I lay on the Sultan’s deck gazing up at the stars, lulled by the gentle rocking motion, fantasizing about Betsy Eden, pressing her handkerchief to my face, my eyes watering from an explosion of lights. The lingering smell of rose water set my mind reeling, reawakening memory of the times we’d traipsed over the fields near our homesteads collecting dew-damp nuts and berries, our shoes soaked to the soles.
On the night before I sailed for England, five years ago, I had set off across the dark fields for Betsy’s house, balancing my sea chest on my shoulder. She had lit a candle in her second floor bedroom window as a will o' the wisp to lure me out of the moonless night into her arms. I deposited the chest under a gnarled hickory, a former chastiser and now an abettor, that grew close by to the house, shinnied up the tree, and clambered through her bedroom window into her waiting arms.
“So, in a few hours you'll have discarded me like an old dishrag or a faded flower, then?” she said, snuffing out the candle. We fell onto the bed fully clothed, locked in each other’s arms.
“How can you say such a thing,” I mumbled into her ear, smothering her face, her neck, her breasts with kisses as Betsy giggled madly. "My greatest regret is that I have to leave you here alone." “I shall miss you coming here to keep me warm nights.”
“Just make sure that no one else usurps my place,” I said, laughing.
As I grew older I had probably spent more time at her house than my own, joining her family for supper by the hearth in the kitchen, relishing her mother’s homemade butter and fresh-baked bread, and at night sharing her chaste bed in a custom known as bundling. The next morning I’d be on board the Seraph, bound for England, and as one chapter of my life came to an end, another would unfold. I felt a rising sadness; it would be years before I saw Betsy again.
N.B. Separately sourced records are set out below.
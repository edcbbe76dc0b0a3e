//! Lowered code, what is known of a nest before it is stepped, and what a descent makes of both.
ghost use Rattle.std.specs.Prelude.{◌≡◌, ◌≤◌, IfOk};
ghost use Rattle.fin_ir.specs.declared.code.Code.TheVariants.{Skip};
ghost use Rattle.fin_nest.specs.Frames.{fill};

use fin_ir::Code;
use fin_nest::fill;
use sqlite_items::Items;
use std::alloc::{AllocError, Global};

/// Code, and how many locals a layout needs for it.
#[derive(Debug, Drop)]
pub struct Lowered {
    pub code: Code,
    pub room: u32,
}

/// What is known of a nest before it is stepped.
#[derive(Debug, Drop)]
pub enum Known {
    /// The body is nothing at each coordinate.
    Nothing,
    /// The code of the whole nest, as that of one fixed update.
    AtOnce(Lowered),
    /// Neither; the nest may be stepped.
    Open,
}

/// The code of a nest whose body is nothing.
pub fn nothing() -> Lowered
    ensures code { result.code ≡ Skip }
    ensures room { result.room ≡ 0 }
{
    Lowered {
        code: Code::Skip,
        room: 0,
    }
}

/// The room for codes that need so much, one or the other.
pub fn greater(a: u32, b: u32) -> u32
    ensures first { a ≤ result }
    ensures second { b ≤ result }
{
    if a < b { b } else { a }
}

/// The code of a nest from those of its parts.
pub fn filled(
    alloc: Global,
    frame: &Code,
    codes: Items<Code>,
    room: u32,
) -> Result<Lowered, AllocError>
    ensures code { IfOk result (λ lowered. lowered.code ≡ fill frame.now codes) }
    ensures room { IfOk result (λ lowered. lowered.room ≡ room) }
{
    let code = fill(alloc, frame, codes)?;
    Ok(Lowered { code, room })
}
“I wish you weren’t going, Roger,” Betsy said. “Or rather, I wish I was going with you.”
“It can be a wild and dangerous place for a woman, the East Indies.” “The East Indies! Sounds dreamy.”
“Dreamy, yes, as a place to make money.”
“India, Fort St. George, Madras, will I ever see them?” I could feel her excitement as she snuggled up against me. “They seem so far away. Francis has been gone for years and we hardly know what’s become of him.”
“Oh, my brother can take care of himself. I’ll bet he’s made his pile already, just waiting to come home and spend it. Anyway, in two or three years, with enough saved, I’ll send for you to join me.”
“You’d better do it sooner, or you won’t find me waiting for you.” It was too dark to see her face, but I knew she would have that peevish look she adopted whenever she was being thwarted. “Tell me again about Madras. Does everyone have dozens of servants and hold parties and balls every night?”
“Once we’re wealthy, we’ll return to Boston and settle down. Then, Mrs. Davenport, you can have parties and balls to your heart’s delight.” I dreamed of making my fortune and returning home to set myself up. Betsy only dreamed of a life of luxury and pleasure. I should have realized what a hedonist she was.
After a while I dozed off and dreamt of being in an exotic city and meeting strange people, only to wake up to find Betsy propped up on her elbow, staring into my face by the relit candle. She leaned over to kiss me on my eyelids. “Go back to sleep,” she whispered. But I fought to keep my eyes open, to fix in my mind the vision of us lying together in her bed, in the mist of her perfume, the perfume I could detect still, and bask in the heat of her presence, as real to me now as if she’d been by my side.